Parameter Estimation#
This tutorial demonstrates how to estimate unknown model parameters from
experimental data using discopt.estimate. The estimation is formulated as
a weighted least-squares NLP and solved with discopt’s NLP solvers, with
exact gradients and Hessians via JAX autodiff.
Key concepts:
Define an
Experimentthat builds a discopt model with labeled unknowns and responsesestimate_parameters()solves the weighted least-squares problemEstimationResultprovides parameter estimates, covariance, confidence intervals, and the Fisher Information Matrix
For background on nonlinear parameter estimation, see [Bard, 1974] and [Biegler, 2010].
import os
os.environ["JAX_PLATFORMS"] = "cpu"
os.environ["JAX_ENABLE_X64"] = "1"
import discopt.modeling as dm
import matplotlib.pyplot as plt
import numpy as np
from discopt.estimate import Experiment, ExperimentModel, estimate_parameters
1. Simple curve fitting: exponential decay#
Consider the model \(y = A \exp(-k t)\) with unknown parameters \(A\) (amplitude) and \(k\) (rate constant). We have noisy measurements at several time points.

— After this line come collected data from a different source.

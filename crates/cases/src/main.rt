// The bench examples for the checker, the response from a state, the diagnosis and the findings, the refusals listed
// there, sets made shorter by dropping vectors, sets turned and turned back, and inputs at the limits, with both gates
// at both soft levels, and with one receiver a net and several. Standard input has them, a call a line (calls.rt). A
// line a call: what it was given, and what it answered; and a line `level`, `gate` or `receivers` where another soft
// level, another gate or other receivers begin. The receivers of a call are shown unless they are one a net. `lent`
// gives the length of the list lent, and after `kept` stand its entries that the call left as they were; of a table of
// findings their number. `allowed` gives the checks that *shorten* may make; after the vectors that it keeps, and the
// entries that it left, stand the checks that it made and the floor. On its lines too `kept` is of the lent list.

#![tactic(auto)]

mod calls;
mod checking;
mod finding;
mod own;
mod responding;
mod shortening;
mod turned;

use calls::Calls;
use std::io;

fn main(rt: HostRuntime) -> io::Result<()> {
    let mut buffer = [0; 65536];
    let count = trials::input(&rt, &mut buffer);
    trials::try_each(&rt, &mut Calls::default(), &buffer[..count])
}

# Ground truth and synthetic data
A_true, k_true = 5.0, 0.3
t_data = np.array([0.5, 1.0, 2.0, 4.0, 6.0, 8.0, 10.0])
np.random.seed(42)
y_data = A_true * np.exp(-k_true * t_data) + 0.05 * np.random.randn(len(t_data))
plt.plot(t_data, y_data, "ko", label="Observed data")
t_fine = np.linspace(0, 12, 100)
plt.plot(t_fine, A_true * np.exp(-k_true * t_fine), "b--", label="True model")
plt.xlabel("t")
plt.ylabel("y")
plt.legend()
plt.title("Synthetic data")
Text(0.5, 1.0, 'Synthetic data')
Define the Experiment#
We subclass Experiment and implement create_model(). Unknown parameters
are modeled as Variable objects (what we optimize over). Responses are
model predictions at each measurement point.
class ExpDecayExperiment(Experiment):
"""y = A * exp(-k * t) at multiple time points."""
def __init__(self, t_data):
self.t_data = t_data
def create_model(self, **kwargs):
m = dm.Model("exp_decay")
# Unknown parameters (modeled as Variables with bounds)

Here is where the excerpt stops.